To Kabinana pflückte eine andere Brotfrucht und warf sie zugleich mit einer Schlange hinab; und die Teufel jagten ihr wieder nach.
So machte er es noch mehrmals, bis die Schlangen aufgebraucht waren. Dann stieg er vom Baum herab.
Während nun die Teufel hinter den lebenden Schlangen im Walde herjagten, las To Kabinana die Brotfrüchte auf und ging heim zu seinem Bruder To Karwuwu. Der fragte ihn: »Bruder, was hast du da für Früchte?« – »Das sind Brotfrüchte!« – »Wo kann man die bekommen?« – »Dort unten.«
»Schön, ich werde mir einige holen, ich werde auch auf den Baum steigen.«
»Du wirst wieder schöne Dummheiten anstellen.«
»Hoho, ich werde schon einige für mich und dich herbeischaffen.«
»Gut, geh nur! Fange dir aber zuvor einige lebendige Schlangen!«
To Karwuwu ging fort; er schlug jedoch die Schlangen tot und stieg damit auf den Baum. Er pflückte eine Brotfrucht ab und warf sie gleichzeitig mit einer toten Schlange hinunter.
Die Teufel jagten ihr nicht nach, weil die Schlange nicht floh; sie blieb auf dem Boden liegen, denn sie war ja tot.
So bemerkten die Teufel auch die Brotfrucht und sagten: »Wer holt da unsere Brotfrüchte herunter und will uns noch obendrein anführen? Kommt, den wollen wir uns kaufen!«
Sie kriegten nun den To Karwuwu zu fassen und verprügelten ihn jämmerlich.

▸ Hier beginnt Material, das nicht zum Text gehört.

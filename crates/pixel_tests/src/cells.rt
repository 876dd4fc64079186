//! Cells by number, as tables.
use healpix_nested::{Cell, MAX_ORDER, cells, interleave, split};
use std::test::Fail;

// A column, a line and the number of their pixel.
static PLACES: [(u32, u32, u64); 9] = [
    (0, 0, 0),
    (0, 1, 1),
    (1, 0, 2),
    (1, 1, 3),
    (3, 0, 10),
    (0, 3, 5),
    (511, 511, 262_143),
    (511, 0, 174_762),
    (0, 511, 87_381),
];

// Whether the pixel at a column and a line has that number.
fn is_pixel(col: u32, row: u32, z: u64) -> bool {
    col < 512 && row < 512 && z < 262_144 && interleave(col, row) == z && split(z) == (col, row)
}

#[test]
fn columns_and_lines_interleave(rt: HostRuntime) {
    for (col, row, z) in &PLACES {
        assert!(rt; is_pixel(*col, *row, *z), "{z}");
    }
}

const LAST: u64 = 13_194_139_533_311;

// Whether there is such a cell.
static KNOWN: [(u8, u64, bool); 5] = [
    (20, LAST, true),
    (20, LAST + 1, false),
    (21, 0, false),
    (0, 12, false),
    (0, 11, true),
];

#[test]
fn cells_have_numbers(rt: HostRuntime) {
    assert!(rt; cells(0) == 12 && cells(MAX_ORDER) == LAST + 1);
    for (order, npix, known) in &KNOWN {
        assert!(rt; Cell::new(*order, *npix).is_some() == *known, "{npix}");
    }
}

// Whether 3/767 is the last child of 2/191, 11/50331647 lies under it, and 0/5 under none.
fn are_kin() -> Option<bool> {
    let root = Cell::new(0, 5)?;
    let above = Cell::new(2, 191)?;
    let cell = Cell::new(3, 767)?;
    let deep = Cell::new(11, 50_331_647)?;
    let is_child = cell.parent() == Some(above) && above.order() < 20 && above.child(3) == cell;
    let lies_under = deep.order() == 11 && deep.ancestor(3).npix() == 767;
    Some(is_child && lies_under && cell.order() == 3 && cell.npix() == 767 && root.parent() == None)
}

#[test]
fn cells_lie_under_cells(rt: HostRuntime) {
    assert!(rt; are_kin() == Some(true));
}

// Whether 2/191, 3/0 and 3/1 ascend.
fn ascend() -> Option<bool> {
    let above = Cell::new(2, 191)?;
    let first = Cell::new(3, 0)?;
    Some(above < first && first < Cell::new(3, 1)?)
}

#[test]
fn cells_are_in_order_and_have_a_text(rt: HostRuntime) -> Result<(), Fail> {
    assert!(rt; ascend() == Some(true));
    let cell = Cell::new(3, 1).ok_or("no cell 3/1")?;
    assert!(rt; cell.to_string(rt.alloc())?.as_str() == "3/1");
    Ok(())
}

// A number, and the order and the number of the cell whose one number of both it is, where it is one's.
static UNIQ: [(u64, Option<(u8, u64)>); 12] = [
    (4, Some((0, 0))),
    (16, Some((1, 0))),
    (256, Some((3, 0))),
    (1024, Some((4, 0))),
    (67_108_863, Some((11, 50_331_647))),
    (17_592_186_044_415, Some((20, LAST))),
    (0, None),
    (1, None),
    (2, None),
    (3, None),
    (17_592_186_044_416, None),
    (u64::MAX, None),
];

// Whether the number is that of the cell of this order and number, or of none.
fn is_uniq(uniq: u64, known: Option<(u8, u64)>) -> bool {
    match (Cell::from_uniq(uniq), known) {
        (Some(cell), Some((order, npix))) => {
            Cell::new(order, npix) == Some(cell) && cell.uniq() == uniq
        }
        (None, None) => true,
        _ => false,
    }
}

#[test]
fn order_and_number_are_one_number(rt: HostRuntime) {
    for (uniq, known) in &UNIQ {
        assert!(rt; is_uniq(*uniq, *known), "{uniq}");
    }
}

// The order and the number of a cell; the cell of order 0 over it; its column and line there; an order above, and the cell
// of that order over it.
type HealpyRow = (u8, u64, u64, u32, u32, u8, u64);

// healpy made them: scripts/healpix-values.py.
static HEALPY: [HealpyRow; 20] = [
    (1, 26, 6, 1, 0, 0, 6),
    (1, 47, 11, 1, 1, 0, 11),
    (2, 81, 5, 0, 1, 1, 20),
    (2, 191, 11, 3, 3, 1, 47),
    (3, 716, 11, 2, 2, 1, 44),
    (3, 767, 11, 7, 7, 1, 47),
    (5, 7211, 7, 7, 1, 2, 112),
    (5, 12_287, 11, 31, 31, 2, 191),
    (7, 47_582, 2, 107, 94, 3, 185),
    (7, 196_607, 11, 127, 127, 3, 767),
    (8, 347_989, 5, 48, 191, 4, 1359),
    (8, 786_431, 11, 255, 255, 4, 3071),
    (9, 1_220_160, 4, 432, 104, 4, 1191),
    (9, 3_145_727, 11, 511, 511, 4, 3071),
    (12, 105_845_391, 6, 795, 2883, 6, 25_841),
    (12, 201_326_591, 11, 4095, 4095, 6, 49_151),
    (16, 9_910_990_194, 2, 16_069, 42_876, 8, 151_229),
    (16, 51_539_607_551, 11, 65_535, 65_535, 8, 786_431),
    (20, 1_019_503_047_769, 0, 930_498, 784_365, 10, 972_273),
    (
        20,
        13_194_139_533_311,
        11,
        1_048_575,
        1_048_575,
        10,
        12_582_911,
    ),
];

// Whether the cell of a row has the number of its place, that cell of order 0 over it, and that one of a higher order.
fn stands((order, npix, base, column, line, higher, above): &HealpyRow) -> bool {
    let Some(cell) = Cell::new(*order, *npix) else {
        return false;
    };
    let z = *npix % (1 << (2 * (*order).min(9)));
    *higher <= cell.order()
        && interleave(*column % 512, *line % 512) == z
        && cell.ancestor(0).npix() == *base
        && cell.ancestor(*higher).npix() == *above
}

#[test]
fn cells_stand_where_healpy_has_them(rt: HostRuntime) {
    for row in &HEALPY {
        assert!(rt; stands(row), "{row:?}");
    }
}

Er schrie um Hilfe: »O weh, To Kabinana, mein Bruder! Komm, steh mir bei, blase das Tritonshorn und rühre die Trommeln!«
Als dann To Kabinana ins Muschelhorn stieß und die Trommeln rührte, flohen die Teufel. To Karwuwu konnte vom Baum herabsteigen und begab sich zu seinem Bruder. Der fragte ihn: »Was hast du denn bloß mit den Brotfrüchten gemacht?«
»Ich habe die Schlangen totgeschlagen, und als ich dann eine Brotfrucht und eine tote Schlange hinabwarf, da jagten sie nicht hinterher.«
»O, solch einen Toren wie dich hat die Welt noch nicht gesehen. Ich habe dir doch ganz genau gesagt, es sollten lebendige Schlangen sein. Was sollten sie denn auch hinter einer toten Schlange herlaufen? Nun werden sich unsere Kinder vor dem Teufel fürchten, und er wird sie verfolgen. Und weil du eine tote Schlange vom Baum herabwarfst, werden alle, die vom Baum abstürzen, sich zu Tode fallen.«
Und so ist es gekommen, wer von einem Baum herabfällt, bleibt tot.